MURI program – improving UAV agility in complex environments
The Office of Naval Research (ONR) funded a Multidisciplinary University Research Initiative (MURI) program which examines birds’ perceptual and maneuvering abilities when flying at high speeds through complex environments, such as forests or urban settings in order to improve performance of small unmanned aerial vehicle (UAV) in those settings. Aside increasing their agility, these small UAVs could become lighter and less expensive.
MURI is a five-year program where a group of researchers from several universities tries to understand why birds make particular flight path choices and how they can do so quickly at higher speeds than would be safe for current engineered air systems in these environments.

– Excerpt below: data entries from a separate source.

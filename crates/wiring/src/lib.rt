// How the accesses of a step reach the image: worked out once, before the first of them. The state is the record's sixteen bytes.

#![tactic(auto)]

mod bank;

ghost use Rattle.std.specs.Prelude.{◌+◌, ◌*◌, ◌/◌, ◌%◌, ◌≤◌, ◌≡◌, length};
ghost use Rattle.rules.specs.declared.State.{State};
ghost use Rattle.rules.specs.Cycles.{execution, indirect};
ghost use Rattle.rules.specs.Basics.{when◌then◌else◌};
ghost use Rattle.rules.specs.Bus.{is6508};
ghost use Rattle.rules.specs.Record.{record_of};
ghost use Rattle.wiring.specs.Wiring.{Banked, Sound, Stands};

pub use bank::Wiring;

// The first two pages of the 6508 have a rule of their own; on the 6502 no address has.
fn plain_of(part: u8) -> u16
    ensures { result ≡ (when is6508 part then 512 else 0) }
{
    if part == 8 { 512 } else { 0 }
}

// "bank b is bank b modulo k of the image": k is a power of two, so that a mask does for the remainder.
fn base_of(bank: u8, size: usize) -> usize
    requires { (65536 ≤ size) × (size % 65536 ≡ 0) }
    ensures { (result + 65536 ≤ size) × (Banked size → result ≡ bank % (size / 65536) * 65536) }
{
    (bank as usize * 65536) & (size - 1)
}

// How a step's accesses go, in the execution bank.
pub fn wire(state: &[u8; 16], pins: u8, size: usize) -> Wiring
    requires { (65536 ≤ size) × (size % 65536 ≡ 0) }
    ensures size { result.size ≡ size }
    ensures stands { (s : State) → state.now ≡ record_of s → Sound s.bus → Banked size → s.bus.pins ≡ pins →
        s.bus.banks ≡ size / 65536 → Stands execution s state.now result }
{
    let part = state[0];
    if part == 9 {
        let bank = state[8];
        return Wiring {
            base: base_of(bank, size),
            size,
            plain: 2,
            bank,
            pins,
        };
    }
    Wiring {
        base: 0,
        size,
        plain: plain_of(part),
        bank: 0,
        pins,
    }
}

// The same in the indirect bank, which is one of its own on the 6509 alone.
pub fn indirect(state: &[u8; 16], w: Wiring) -> Wiring
    ensures size { result.size ≡ w.size }
    ensures stands { (s : State) → Stands execution s state.now w → Stands indirect s state.now result }
{
    if state[0] == 9 {
        let bank = state[9];
        return Wiring {
            base: base_of(bank, w.size),
            size: w.size,
            plain: w.plain,
            bank,
            pins: w.pins,
        };
    }
    w
}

In the lab, researchers set up an artificial forest with tall pipes serving as trees at Harvard University’s Concord Field Station. Birds and a MIT-built UAV are wired with small digital video cameras and motion-capture technology. Both are studied in parallel to compare and learn from performance as the research progresses.

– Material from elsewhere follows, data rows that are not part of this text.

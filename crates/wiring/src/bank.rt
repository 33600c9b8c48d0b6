// Where a step's accesses lie in the image.

ghost use Rattle.std.specs.Prelude.{◌+◌, ◌%◌, ◌≤◌, ◌≡◌};

// The bank that is selected begins at `base` in the image, which has `size` bytes, whole banks. Addresses below `plain` have a rule of the
// part's own. From the widest field to the narrowest: what has no gaps stays in registers.
#[derive(Clone, Copy)]
pub struct Wiring {
    pub base: usize,
    pub size: usize,
    pub plain: u16,
    pub bank: u8,
    pub pins: u8,
    ghost bank_within: { base + 65536 ≤ size },
    ghost whole_banks: { size % 65536 ≡ 0 },
}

The goal is to develop and successfully demonstrate a small aircraft that can navigate obstacles in very complex and unstructured surroundings, while maintaining speeds as fast as 5 meters per second. The theoretical results being developed may also be applicable to larger UAVs for particular tasks, such as landing at difficult, unprepared sites.
“Autonomous systems technology can be a great way to deliver increased capability to the Navy and Marine Corps at an affordable price”, said Marc Steinberg, a research program officer in ONR’s Science of Autonomy Program. “We can provide warfighters with a lot more flexibility and enable new mission performance, from flight under a forest canopy and in urban canyons to damage control applications onboard ships. Flying animals provide evidence it is possible to build compact platforms with limited sensing that can safely move through challenging environments.”

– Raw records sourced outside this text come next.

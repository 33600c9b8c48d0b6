// The rules of one instruction at a record of the map.

ghost use Rattle.std.specs.Prelude.{◌≡◌, ◌≤◌, Ok, Err};
ghost use Rattle.rules.specs.Basics.{when◌then◌else◌, address};
ghost use Rattle.admission_rules.specs.Admission.{outside, store_rules, goes_to, goes_on, goes_up, goes_down};
ghost use Rattle.admission_rules.specs.Admission.{calls, is_at_zero, rules_of};
ghost use Rattle.laws.specs.Sizes.{mode_size, size_in};

use crate::marks;
use admission_rules::{Mark, Successor, Successors};
use rules::{Instruction, Mode, Refusal, Stacking};

fn mode_size(mode: Mode) -> u16
    ensures { result ≡ mode_size mode }
{
    match mode {
        Mode::Absolute(_, _) | Mode::AbsoluteX(_, _) | Mode::AbsoluteY(_, _) => 3,
        _ => 2,
    }
}

// How many bytes an instruction is long.
pub(crate) fn size_of(instruction: Instruction) -> u16
    ensures { result ≡ size_in 3 instruction }
{
    match instruction {
        Instruction::Read(_, mode) | Instruction::Store(_, mode) | Instruction::Change(_, mode) =>
            mode_size(mode),
        Instruction::Branch(_, _) => 2,
        Instruction::Jump(_, _) | Instruction::JumpIndirect(_, _) | Instruction::Jsr(_) => 3,
        _ => 1,
    }
}

// "Each successor .. is marked with the same kind"
fn goes_to(m: Mark, address: u16, height: u16, more: u16, limit: u16) -> Successor
    ensures { result ≡ goes_to m address height more limit }
{
    Successor {
        address,
        kind: m.kind,
        height,
        more,
        limit,
    }
}

// "all others equal height, need at most this one"
fn goes_on(m: Mark, address: u16) -> Successor
    ensures { result ≡ goes_on m address }
{
    goes_to(m, address, m.height as u16, 0, m.need as u16)
}

// "PHA, PHP height one more, successor's need + 1 at most need"
fn goes_up(m: Mark, address: u16) -> Successor
    ensures { result ≡ goes_up m address }
{
    goes_to(m, address, m.height as u16 + 1, 1, m.need as u16)
}

// "PLA height one less, successor's need at most need + 1"
fn goes_down(m: Mark, address: u16) -> Successor
    requires { 1 ≤ m.height }
    ensures { result ≡ goes_down m address }
{
    goes_to(m, address, m.height as u16 - 1, 0, m.need as u16 + 1)
}

// "JSR's target is also a routine of height 0, its need + 2 at most this need."
fn calls(m: Mark, address: u16) -> Successor
    ensures { result ≡ calls m address }
{
    Successor {
        address,
        kind: marks::ROUTINE,
        height: 0,
        more: 2,
        limit: m.need as u16,
    }
}

// A rule, which holds or not.
fn require(holds: bool, e: Refusal) -> Result<(), Refusal>
    ensures { result ≡ (when holds then Ok tt else Err e) }
{
    if holds { Ok(()) } else { Err(e) }
}

// "not .. to 01FF"
fn outside(least: u16, low: u8, high: u8) -> bool
    ensures { result ≡ outside least (address low high) }
{
    !(least..=0x01FF).contains(&addresses::join(low, high))
}

// 14: "Stores, shifts, INC, DEC: absolute address not 0100 to 01FF; a,X or a,Y base not 0001 to 01FF"; and 13: "not .. 81, 91".
fn store_rules(mode: Mode, i: u16) -> Result<(), Refusal>
    ensures { result ≡ store_rules i mode }
{
    match mode {
        Mode::Immediate(_) | Mode::Zero(_) | Mode::ZeroX(_) | Mode::ZeroY(_) => Ok(()),
        Mode::Absolute(low, high) => require(outside(0x0100, low, high), Refusal::StoreAddress(i)),
        Mode::AbsoluteX(low, high) | Mode::AbsoluteY(low, high) => {
            require(outside(0x0001, low, high), Refusal::StoreAddress(i))
        }
        Mode::IndirectX(_) | Mode::IndirectY(_) | Mode::IndirectBankY(_) => Err(Refusal::Place(i)),
    }
}

fn is_at_zero(m: Mark, kind: u8) -> bool
    ensures { result ≡ is_at_zero m kind }
{
    m.kind == kind && m.height == 0
}

// The rules of an instruction at a record. `next` is the next address, `second` the second byte after the opcode.
pub(crate) fn rules_for(
    instruction: Instruction,
    second: u8,
    m: Mark,
    next: u16,
    i: u16,
) -> Result<Successors, Refusal>
    ensures { result ≡ rules_of m i next second instruction }
{
    let on = Successors::One(goes_on(m, next));
    let asked = match instruction {
        Instruction::Read(_, _) | Instruction::Accumulator(_) | Instruction::Implied(_) => on,
        Instruction::Store(_, mode) | Instruction::Change(_, mode) => {
            store_rules(mode, i)?;
            on
        }
        Instruction::AtStack(Stacking::Php | Stacking::Pha) => Successors::One(goes_up(m, next)),
        Instruction::AtStack(Stacking::Pla) => {
            require(m.height >= 1, Refusal::Stack(i))?;
            Successors::One(goes_down(m, next))
        }
        Instruction::AtStack(Stacking::Rts) => {
            require(is_at_zero(m, marks::ROUTINE), Refusal::Stack(i))?;
            Successors::None
        }
        Instruction::AtStack(Stacking::Rti) => {
            require(is_at_zero(m, marks::HANDLER), Refusal::Stack(i))?;
            Successors::None
        }
        Instruction::Branch(_, o) => Successors::Two(
            goes_on(m, next),
            goes_on(m, addresses::target(next, o)),
        ),
        Instruction::Jump(low, high) => Successors::One(goes_on(m, addresses::join(low, high))),
        Instruction::Jsr(low) => Successors::Two(
            goes_on(m, next),
            calls(m, addresses::join(low, second)),
        ),
        Instruction::Txs => {
            require(is_at_zero(m, marks::MAIN), Refusal::Stack(i))?;
            on
        }
        Instruction::Cli => {
            require(m.kind == marks::MAIN, Refusal::Stack(i))?;
            on
        }
        Instruction::AtStack(Stacking::Plp)
        | Instruction::JumpIndirect(_, _)
        | Instruction::Brk
        | Instruction::Undefined => {
            return Err(Refusal::Place(i));
        }
    };
    Ok(asked)
}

The research revealed a theoretical speed at which the probability of a collision is high in forests with an average distribution of trees. So, if a UAV stays below that threshold, the probability of an accident lowers dramatically. The program also has begun to reveal the types of flight strategies used by birds in these environments.
“We want to build small-scale UAVs that can fly quickly through indoor and/or cluttered environments, but controlling these UAVs is very different than controlling a fighter jet flying up above the clouds”, said Dr. Russ Tedrake, X Consortium associate professor of electrical engineering and computer science and aeronautics and astronautics at MIT and the MURI lead. “To be successful, we have to solve a number of incredibly hard problems in computer vision and nonlinear control. This long-term project lets us focus on the basic research questions that will lead to fundamental results and, ultimately, dramatic new capabilities for UAVs.”
Increased agility enabled by the MURI project could eliminate the need for sensors currently used in UAVs such as laser-based ones that add cost and weight, and rely on lightweight digital video cameras as the main sensors instead.